▶ AIM OF THE EXERCISE
Your result should be every line of the records below that contains the word "Global".

Saved data entries:
+++

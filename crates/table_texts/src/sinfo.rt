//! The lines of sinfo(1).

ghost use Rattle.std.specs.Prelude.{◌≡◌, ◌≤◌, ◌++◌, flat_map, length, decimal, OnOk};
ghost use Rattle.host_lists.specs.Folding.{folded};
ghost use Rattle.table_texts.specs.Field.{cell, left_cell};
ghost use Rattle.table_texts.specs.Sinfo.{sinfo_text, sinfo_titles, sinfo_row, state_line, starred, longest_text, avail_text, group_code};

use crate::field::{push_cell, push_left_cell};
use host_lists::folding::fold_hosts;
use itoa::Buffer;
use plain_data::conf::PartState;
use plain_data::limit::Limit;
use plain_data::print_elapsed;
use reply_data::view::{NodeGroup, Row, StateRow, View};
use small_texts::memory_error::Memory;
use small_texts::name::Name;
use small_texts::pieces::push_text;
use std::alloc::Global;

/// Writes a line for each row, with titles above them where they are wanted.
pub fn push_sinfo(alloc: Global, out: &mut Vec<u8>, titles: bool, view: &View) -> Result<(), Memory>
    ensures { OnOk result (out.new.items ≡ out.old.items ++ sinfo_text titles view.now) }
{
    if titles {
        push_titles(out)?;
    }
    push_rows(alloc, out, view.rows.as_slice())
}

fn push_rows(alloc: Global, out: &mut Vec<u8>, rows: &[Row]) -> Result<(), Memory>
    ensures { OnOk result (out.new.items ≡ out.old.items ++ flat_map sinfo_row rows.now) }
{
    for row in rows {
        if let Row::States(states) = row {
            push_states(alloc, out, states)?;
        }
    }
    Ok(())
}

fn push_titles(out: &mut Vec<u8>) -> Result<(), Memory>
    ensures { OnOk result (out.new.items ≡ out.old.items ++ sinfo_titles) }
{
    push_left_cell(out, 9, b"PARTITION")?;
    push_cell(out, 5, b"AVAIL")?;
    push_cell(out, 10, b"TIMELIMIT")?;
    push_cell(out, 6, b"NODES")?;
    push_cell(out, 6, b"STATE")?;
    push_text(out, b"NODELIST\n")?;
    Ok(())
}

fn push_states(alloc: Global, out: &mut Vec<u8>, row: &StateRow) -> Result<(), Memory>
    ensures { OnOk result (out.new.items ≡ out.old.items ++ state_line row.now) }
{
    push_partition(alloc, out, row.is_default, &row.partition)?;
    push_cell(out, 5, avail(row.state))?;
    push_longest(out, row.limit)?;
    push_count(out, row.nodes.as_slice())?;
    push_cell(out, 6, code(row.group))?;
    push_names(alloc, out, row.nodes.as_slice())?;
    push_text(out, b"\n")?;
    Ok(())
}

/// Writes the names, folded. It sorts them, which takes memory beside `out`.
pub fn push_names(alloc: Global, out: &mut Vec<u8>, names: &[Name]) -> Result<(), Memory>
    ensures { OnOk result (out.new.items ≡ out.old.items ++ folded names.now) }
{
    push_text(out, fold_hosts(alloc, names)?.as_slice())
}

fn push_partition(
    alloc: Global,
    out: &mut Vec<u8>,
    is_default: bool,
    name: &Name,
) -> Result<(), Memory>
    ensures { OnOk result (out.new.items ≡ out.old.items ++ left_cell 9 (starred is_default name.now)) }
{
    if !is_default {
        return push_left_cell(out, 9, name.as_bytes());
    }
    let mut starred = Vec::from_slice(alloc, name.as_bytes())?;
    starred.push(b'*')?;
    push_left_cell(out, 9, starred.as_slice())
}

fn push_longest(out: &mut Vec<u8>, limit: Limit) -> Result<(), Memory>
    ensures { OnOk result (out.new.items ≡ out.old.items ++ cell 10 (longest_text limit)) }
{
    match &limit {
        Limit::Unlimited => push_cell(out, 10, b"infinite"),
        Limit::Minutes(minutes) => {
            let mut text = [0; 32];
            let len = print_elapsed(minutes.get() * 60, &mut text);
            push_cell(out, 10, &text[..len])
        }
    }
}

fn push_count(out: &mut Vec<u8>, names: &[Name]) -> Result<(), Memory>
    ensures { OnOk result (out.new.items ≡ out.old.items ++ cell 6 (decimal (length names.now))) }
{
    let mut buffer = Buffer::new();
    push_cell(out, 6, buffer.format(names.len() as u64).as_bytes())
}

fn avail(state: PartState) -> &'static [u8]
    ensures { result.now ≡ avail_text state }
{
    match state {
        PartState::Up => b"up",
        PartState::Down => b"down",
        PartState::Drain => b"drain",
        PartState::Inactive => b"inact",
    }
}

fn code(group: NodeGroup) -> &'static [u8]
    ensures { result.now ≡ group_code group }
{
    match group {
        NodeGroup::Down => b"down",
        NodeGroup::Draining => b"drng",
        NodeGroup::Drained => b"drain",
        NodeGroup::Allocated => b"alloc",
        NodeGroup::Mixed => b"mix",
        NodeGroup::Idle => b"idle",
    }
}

+++

▶ EXERCISE RESULT
use std::alloc::Global;
pub fn push_sinfo(alloc: Global, out: &mut Vec<u8>, titles: bool, view: &View) -> Result<(), Memory>
fn push_rows(alloc: Global, out: &mut Vec<u8>, rows: &[Row]) -> Result<(), Memory>
fn push_states(alloc: Global, out: &mut Vec<u8>, row: &StateRow) -> Result<(), Memory>
pub fn push_names(alloc: Global, out: &mut Vec<u8>, names: &[Name]) -> Result<(), Memory>
    alloc: Global,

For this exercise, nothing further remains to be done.